//! Commands of a test case to a journal on the disk; each of them opens the journal first.

ghost use Rattle.std.specs.Prelude.{◌≡◌, None};
ghost use Rattle.journal.specs.Journal.{spare_of, IsAlive};

use crate::memory::taken;
use crate::store::encoding::group_in;
use crate::store::stores::Store;
use crate::store::words::{Reported, Word, put, put_bytes, put_number, put_shown};
use diskmodel::{Disk, MemDisk};
use journal::JournalError::{ConfigMismatch, Damaged, Device, Full, Memory};
use journal::{Group, Journal, JournalError, Record, stands};
use std::alloc::{AllocError, Global};

/// All errors that a journal can return.
const ERRORS: [JournalError; 5] = [Memory, Device, Damaged(15), ConfigMismatch, Full];

impl Store<'_> {
    /// Opens the journal, and appends the records of these words.
    pub fn append(&mut self, words: &[Word], answer: &mut String) -> Reported {
        let records = listed(self.alloc, words)?;
        self.attempt(records, answer)
    }

    /// Opens the journal, and appends `count` records of zeros, each with this length.
    pub fn append_alike(&mut self, count: u64, len: usize, answer: &mut String) -> Reported {
        let records = alike(self.alloc, count, len)?;
        self.attempt(Some(records), answer)
    }

    /// Opens the journal, and appends a group that is given as these bytes and the number of its records.
    pub fn append_written(&mut self, count: u64, bytes: &[u8], answer: &mut String) -> Reported {
        let disk = taken(self.alloc, &mut self.disk)?;
        self.disk = append_written(self.alloc, disk, count, bytes, answer)?;
        put(answer, "\n");
        Ok(())
    }

    /// Opens the journal, and appends these records, if there are any.
    pub fn attempt(&mut self, records: Option<Vec<Vec<u8>>>, answer: &mut String) -> Reported {
        let disk = taken(self.alloc, &mut self.disk)?;
        let (disk, found) = attempt(self.alloc, disk, records, answer)?;
        self.disk = disk;
        put_records(answer, &found, true);
        put(answer, "\n");
        Ok(())
    }
}

/// The records in these words; None if there are no words, or a word isn't bytes.
pub fn listed(alloc: Global, words: &[Word]) -> Result<Option<Vec<Vec<u8>>>, AllocError> {
    let mut records = Vec::new(alloc);
    for word in words {
        if let Word::Bytes(bytes) = word {
            records.push(bytes.to_vec(alloc)?)?;
        }
    }
    let is_whole = !words.is_empty() && records.len() == words.len();
    Ok(is_whole.then_some(records))
}

fn alike(alloc: Global, count: u64, len: usize) -> Result<Vec<Vec<u8>>, AllocError> {
    let mut records = Vec::new(alloc);
    for _ in 0..count {
        records.push(vec![in alloc; 0; len]?)?;
    }
    Ok(records)
}

/// Opens the journal on a disk, adds its records to the answer, and appends these records as a group, if there are any. If the journal
/// can't be opened it has no records. Returns the disk.
pub fn attempt(
    alloc: Global,
    disk: MemDisk,
    records: Option<Vec<Vec<u8>>>,
    text: &mut String,
) -> Result<(MemDisk, Vec<Record>), AllocError> {
    match Journal::open(alloc, disk) {
        Ok((mut journal, found)) => {
            put(text, "opened");
            if let Some(records) = records {
                append(alloc, &mut journal, records, text)?;
            }
            Ok((journal.into_disk(), found))
        }
        Err(failed) => {
            put_error(text, failed.error);
            Ok((failed.disk, Vec::new(alloc)))
        }
    }
}

/// Opens the journal on a disk, and appends a group that is given as these bytes and the number of its records. Returns the disk.
fn append_written(
    alloc: Global,
    disk: MemDisk,
    count: u64,
    bytes: &[u8],
    text: &mut String,
) -> Result<MemDisk, AllocError> {
    match Journal::open(alloc, disk) {
        Ok((mut journal, _)) => {
            put(text, "opened");
            let group = group_in(alloc, bytes, count)?;
            append_group(&mut journal, group, text);
            Ok(journal.into_disk())
        }
        Err(failed) => {
            put_error(text, failed.error);
            Ok(failed.disk)
        }
    }
}

fn append(
    alloc: Global,
    journal: &mut Journal<MemDisk>,
    records: Vec<Vec<u8>>,
    text: &mut String,
) -> Reported
    requires alive { IsAlive ⟦<MemDisk as Disk>⟧.device journal.old }
    requires alone { spare_of journal.old ≡ None }
    ensures alone { spare_of journal.new ≡ None }
{
    let group = Group::new(alloc, records)?;
    append_group(journal, group, text);
    Ok(())
}

fn append_group(journal: &mut Journal<MemDisk>, group: Option<Group>, text: &mut String)
    requires alive { IsAlive ⟦<MemDisk as Disk>⟧.device journal.old }
    requires alone { spare_of journal.old ≡ None }
    ensures alone { spare_of journal.new ≡ None }
{
    let Some(group) = group else {
        return put(text, ", no group");
    };
    put(text, ", a group of");
    put_number(text, group.records_count());
    match journal.append(group) {
        Ok(synced) => {
            put(text, " synced");
            put_number(text, synced.records());
        }
        Err(error) => {
            put(text, ", ");
            put_error(text, error);
        }
    }
}

/// Adds how many records there are and, if `in_full`, each record after the place of its gate.
pub fn put_records(text: &mut String, records: &[Record], in_full: bool) {
    put(text, ", records");
    put_number(text, records.len() as u64);
    if in_full {
        for record in records {
            put(text, ",");
            put_number(text, record.gate);
            put_bytes(text, record.bytes.as_slice());
        }
    }
}

/// Adds the text of each error that a journal can return.
pub fn report_errors(answer: &mut String) {
    for error in &ERRORS {
        put_error(answer, *error);
        put(answer, "\n");
    }
}

/// Adds the text of an error, with the place if it is damage.
pub fn put_error(text: &mut String, error: JournalError) {
    put_shown(text, "", &error, "");
    if let Damaged(gate) = error {
        put(text, " at");
        put_number(text, gate);
    }
}

/// Adds the records that an opening reads from a file of these bytes.
pub fn report_stands(alloc: Global, bytes: &[u8], answer: &mut String) {
    match stands(alloc, bytes) {
        Ok(records) => {
            put(answer, "stands");
            put_records(answer, &records, true);
        }
        Err(error) => put_error(answer, error),
    }
    put(answer, "\n");
}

---*---

Go through the data above from its first line and copy each line exactly, stopping once the line with "let records = listed(self.alloc, words)?;" has been copied.

Response box:
//! Commands of a test case to a journal on the disk; each of them opens the journal first.

ghost use Rattle.std.specs.Prelude.{◌≡◌, None};
ghost use Rattle.journal.specs.Journal.{spare_of, IsAlive};

use crate::memory::taken;
use crate::store::encoding::group_in;
use crate::store::stores::Store;
use crate::store::words::{Reported, Word, put, put_bytes, put_number, put_shown};
use diskmodel::{Disk, MemDisk};
use journal::JournalError::{ConfigMismatch, Damaged, Device, Full, Memory};
use journal::{Group, Journal, JournalError, Record, stands};
use std::alloc::{AllocError, Global};

/// All errors that a journal can return.
const ERRORS: [JournalError; 5] = [Memory, Device, Damaged(15), ConfigMismatch, Full];

impl Store<'_> {
    /// Opens the journal, and appends the records of these words.
    pub fn append(&mut self, words: &[Word], answer: &mut String) -> Reported {
        let records = listed(self.alloc, words)?;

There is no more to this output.